What this task involves:
Look through the entries below and report how many lines hold the string "CallsAndPutsPay". Only the number is wanted.

*** Opening of Records to use ***

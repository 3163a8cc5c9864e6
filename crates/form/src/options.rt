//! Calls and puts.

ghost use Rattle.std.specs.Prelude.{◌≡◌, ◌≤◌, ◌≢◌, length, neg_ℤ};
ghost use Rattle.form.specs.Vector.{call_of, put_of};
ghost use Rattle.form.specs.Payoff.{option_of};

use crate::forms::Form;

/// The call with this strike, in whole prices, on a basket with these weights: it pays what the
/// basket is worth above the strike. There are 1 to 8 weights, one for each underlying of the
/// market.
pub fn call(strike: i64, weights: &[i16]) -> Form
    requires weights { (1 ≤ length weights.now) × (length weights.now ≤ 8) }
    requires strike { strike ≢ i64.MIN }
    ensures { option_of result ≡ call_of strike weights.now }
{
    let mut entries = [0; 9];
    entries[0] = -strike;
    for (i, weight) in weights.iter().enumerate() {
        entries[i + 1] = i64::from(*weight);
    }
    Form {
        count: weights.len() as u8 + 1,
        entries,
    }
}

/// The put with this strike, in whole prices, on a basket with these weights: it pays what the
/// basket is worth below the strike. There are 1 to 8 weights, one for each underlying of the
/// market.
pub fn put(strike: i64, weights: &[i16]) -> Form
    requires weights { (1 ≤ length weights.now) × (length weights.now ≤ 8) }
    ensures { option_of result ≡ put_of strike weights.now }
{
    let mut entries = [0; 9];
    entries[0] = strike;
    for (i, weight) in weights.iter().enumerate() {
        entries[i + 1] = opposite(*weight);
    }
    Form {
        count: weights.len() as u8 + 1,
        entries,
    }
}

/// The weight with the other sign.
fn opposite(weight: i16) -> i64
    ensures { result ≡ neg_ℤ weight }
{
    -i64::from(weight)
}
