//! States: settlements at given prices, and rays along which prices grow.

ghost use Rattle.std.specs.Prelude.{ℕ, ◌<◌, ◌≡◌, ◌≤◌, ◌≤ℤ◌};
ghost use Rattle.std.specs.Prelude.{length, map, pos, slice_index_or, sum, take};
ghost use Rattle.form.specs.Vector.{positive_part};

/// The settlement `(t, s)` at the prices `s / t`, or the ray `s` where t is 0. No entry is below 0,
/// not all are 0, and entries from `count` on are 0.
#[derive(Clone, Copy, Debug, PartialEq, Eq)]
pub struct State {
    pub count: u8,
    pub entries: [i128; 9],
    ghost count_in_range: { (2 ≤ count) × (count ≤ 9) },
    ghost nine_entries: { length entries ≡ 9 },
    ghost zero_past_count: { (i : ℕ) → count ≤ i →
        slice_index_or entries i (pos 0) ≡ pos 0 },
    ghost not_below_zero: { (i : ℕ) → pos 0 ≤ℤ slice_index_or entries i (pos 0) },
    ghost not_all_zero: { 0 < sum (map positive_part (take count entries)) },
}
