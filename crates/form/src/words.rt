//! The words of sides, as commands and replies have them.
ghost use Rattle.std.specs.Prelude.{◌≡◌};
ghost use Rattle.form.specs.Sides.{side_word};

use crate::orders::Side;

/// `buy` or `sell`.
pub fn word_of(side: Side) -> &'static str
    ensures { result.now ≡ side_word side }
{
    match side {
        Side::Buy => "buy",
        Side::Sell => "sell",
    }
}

*** Close of Records to use ***
*** Opening of Records to use ***

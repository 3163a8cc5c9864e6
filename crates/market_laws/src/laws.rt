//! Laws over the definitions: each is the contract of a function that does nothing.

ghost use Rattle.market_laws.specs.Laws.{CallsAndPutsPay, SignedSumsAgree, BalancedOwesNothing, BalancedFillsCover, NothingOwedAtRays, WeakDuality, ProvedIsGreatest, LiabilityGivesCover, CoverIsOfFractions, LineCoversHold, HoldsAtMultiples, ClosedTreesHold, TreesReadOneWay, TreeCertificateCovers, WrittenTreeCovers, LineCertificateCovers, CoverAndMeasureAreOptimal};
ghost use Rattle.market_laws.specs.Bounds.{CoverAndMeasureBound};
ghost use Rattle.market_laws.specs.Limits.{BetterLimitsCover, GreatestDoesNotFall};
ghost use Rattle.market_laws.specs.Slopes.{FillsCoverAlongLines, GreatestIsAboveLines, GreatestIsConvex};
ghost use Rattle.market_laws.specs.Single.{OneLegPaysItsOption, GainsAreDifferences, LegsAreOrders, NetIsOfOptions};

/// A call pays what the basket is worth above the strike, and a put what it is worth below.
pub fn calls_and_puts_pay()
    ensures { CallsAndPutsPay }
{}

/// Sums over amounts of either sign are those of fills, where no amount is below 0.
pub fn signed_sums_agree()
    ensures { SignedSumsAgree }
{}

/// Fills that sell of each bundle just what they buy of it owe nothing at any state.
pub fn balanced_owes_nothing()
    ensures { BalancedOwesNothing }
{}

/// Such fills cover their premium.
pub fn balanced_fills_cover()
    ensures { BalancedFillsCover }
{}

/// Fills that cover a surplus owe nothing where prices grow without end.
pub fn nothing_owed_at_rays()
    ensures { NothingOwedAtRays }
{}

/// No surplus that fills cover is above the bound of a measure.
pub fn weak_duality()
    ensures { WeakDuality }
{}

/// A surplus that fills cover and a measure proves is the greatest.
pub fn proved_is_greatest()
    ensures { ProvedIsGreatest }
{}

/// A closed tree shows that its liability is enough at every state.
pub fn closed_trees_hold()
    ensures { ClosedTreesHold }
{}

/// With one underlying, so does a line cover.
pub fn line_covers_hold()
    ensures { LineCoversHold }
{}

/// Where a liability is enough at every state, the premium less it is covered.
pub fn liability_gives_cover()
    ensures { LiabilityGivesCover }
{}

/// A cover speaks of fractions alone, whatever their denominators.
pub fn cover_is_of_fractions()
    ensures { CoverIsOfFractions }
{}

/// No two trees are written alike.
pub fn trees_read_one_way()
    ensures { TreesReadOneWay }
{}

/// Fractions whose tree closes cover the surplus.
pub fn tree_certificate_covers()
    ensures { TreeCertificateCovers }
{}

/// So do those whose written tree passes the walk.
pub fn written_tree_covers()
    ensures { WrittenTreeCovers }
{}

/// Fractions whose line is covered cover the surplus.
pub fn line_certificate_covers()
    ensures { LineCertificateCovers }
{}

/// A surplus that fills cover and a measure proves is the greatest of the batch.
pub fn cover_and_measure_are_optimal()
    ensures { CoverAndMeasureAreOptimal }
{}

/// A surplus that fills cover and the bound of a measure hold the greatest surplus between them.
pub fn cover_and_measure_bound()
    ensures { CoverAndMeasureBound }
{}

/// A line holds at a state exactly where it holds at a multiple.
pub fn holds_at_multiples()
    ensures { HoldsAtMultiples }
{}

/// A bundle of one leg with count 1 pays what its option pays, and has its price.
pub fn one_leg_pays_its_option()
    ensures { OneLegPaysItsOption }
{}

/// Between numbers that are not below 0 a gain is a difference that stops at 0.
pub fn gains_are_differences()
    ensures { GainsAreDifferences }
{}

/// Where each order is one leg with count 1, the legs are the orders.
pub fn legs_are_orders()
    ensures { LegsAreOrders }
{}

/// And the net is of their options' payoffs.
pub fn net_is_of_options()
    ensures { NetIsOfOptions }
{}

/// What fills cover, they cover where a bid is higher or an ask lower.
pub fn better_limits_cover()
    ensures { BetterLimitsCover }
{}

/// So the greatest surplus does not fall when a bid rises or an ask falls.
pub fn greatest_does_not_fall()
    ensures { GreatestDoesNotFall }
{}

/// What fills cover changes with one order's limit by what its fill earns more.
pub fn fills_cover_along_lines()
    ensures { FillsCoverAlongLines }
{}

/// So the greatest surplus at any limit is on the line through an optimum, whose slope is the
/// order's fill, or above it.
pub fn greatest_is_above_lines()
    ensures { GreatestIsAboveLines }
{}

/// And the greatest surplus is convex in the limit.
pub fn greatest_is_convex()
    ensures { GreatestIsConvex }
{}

*** Close of Records to use ***

Solution to the exercise:
2